= Provided data =
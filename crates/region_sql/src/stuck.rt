//! Where reading ends.

ghost use Rattle.std.specs.Prelude.{◌≡◌};
ghost use Rattle.region_sql.specs.declared.stuck.Stuck.TheVariants.{Memory as OutOfMemory};

use mr_base::Memory;
use std::alloc::{AllocError, AllocFailed};

/// Why no form was read.
#[derive(Clone, Copy)]
pub(crate) enum Stuck {
    /// Memory ran out.
    Memory,
    /// No form goes on with the tokens of which so many are left.
    At(usize),
}

impl From<Memory> for Stuck {
    ghost from_gives = { λ _ e. e ≡ OutOfMemory };

    fn from(_e: Memory) -> Stuck {
        Stuck::Memory
    }
}

impl From<AllocError> for Stuck {
    ghost from_gives = { λ _ e. e ≡ OutOfMemory };

    fn from(_e: AllocError) -> Stuck {
        Stuck::Memory
    }
}

impl<T: Drop> From<AllocFailed<T>> for Stuck {
    ghost from_gives = { λ _ e. e ≡ OutOfMemory };

    fn from(_e: AllocFailed<T>) -> Stuck {
        Stuck::Memory
    }
}
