//! Which nodes hold the replicas of a range, and what a placement survives.
#![tactic(auto)]

mod chosen;
mod fitting;
mod laws;
mod majority;
mod placed;
mod placement_types;

pub use fitting::{fits, serve_for};
pub use laws::placed_where_one_fits;
pub use majority::keeps_majority;
pub use placed::place;
pub use placement_types::{PlaceRefusal, Placement};
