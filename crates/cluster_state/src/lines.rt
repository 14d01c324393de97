//! Lines of the scenario, and the tick inside a `settle` line.

ghost use Rattle.std.specs.Prelude.{◌≡◌, ◌∷◌, [], OnErr, OnOk, Some, false};
ghost use Rattle.journal.specs.declared.events.Event.TheVariants as events;
ghost use Rattle.run_laws.specs.OrderEvents.{IsLineDue, NamesNode};
ghost use Rattle.run_words.specs.History.{Ran, Ticked};
ghost use Rattle.run_words.specs.Steps.{event_of, has_ticked};
ghost use Rattle.cluster_state.specs.Tied.{HasMade, IsTied, IsUnrecorded, past, the_setup};

use crate::hints::restart_hints;
use crate::state::State;
use journal::Event;
use mr_base::Memory;
use node_states::{Move, can_not_move, move_all, move_of};
use replica_states::restart_moved;

impl State {
    /// Runs a line: clocks tick, a node stops or starts. What else a line asks for is done by the calls behind it.
    pub fn line(&mut self, number: u32, event: Event) -> Result<(), Memory>
        requires tied { IsTied self.old }
        requires due { IsLineDue (event_of (past self.old)) (has_ticked (past self.old)) }
        requires names { NamesNode (the_setup self.old) event }
        ensures made { OnOk result (HasMade (Ran number event ∷ []) self.old self.new) }
        ensures err { OnErr result (IsUnrecorded self.old self.new) }
    {
        let moving = move_of(&event);
        if can_not_move(self.nodes.as_slice(), moving) {
            return Err(Memory);
        }
        self.ledger.line(number, event)?;
        self.running = move_all(self.nodes.as_mut_slice(), moving);
        restart_moved(self.ranges.as_mut_slice(), self.nodes.as_slice(), moving);
        restart_hints(self.hints.as_mut_slice(), self.ranges.as_slice(), moving);
        Ok(())
    }

    /// Ticks all clocks inside a `settle` line.
    pub fn ticked(&mut self, ms: u64) -> Result<(), Memory>
        requires tied { IsTied self.old }
        requires line { event_of (past self.old) ≡ Some (events.Settle ms) }
        requires once { has_ticked (past self.old) ≡ false }
        ensures made { OnOk result (HasMade (Ticked ms ∷ []) self.old self.new) }
        ensures err { OnErr result (IsUnrecorded self.old self.new) }
    {
        let moving = Move::TickAll(ms);
        if can_not_move(self.nodes.as_slice(), moving) {
            return Err(Memory);
        }
        self.ledger.ticked(ms)?;
        self.running = move_all(self.nodes.as_mut_slice(), moving);
        Ok(())
    }
}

= Task to carry out =
Copy every line in the listing above where the string "requires" turns up.

= Reply to the task =
        requires tied { IsTied self.old }
        requires due { IsLineDue (event_of (past self.old)) (has_ticked (past self.old)) }
        requires names { NamesNode (the_setup self.old) event }
        requires tied { IsTied self.old }
        requires line { event_of (past self.old) ≡ Some (events.Settle ms) }
        requires once { has_ticked (past self.old) ≡ false }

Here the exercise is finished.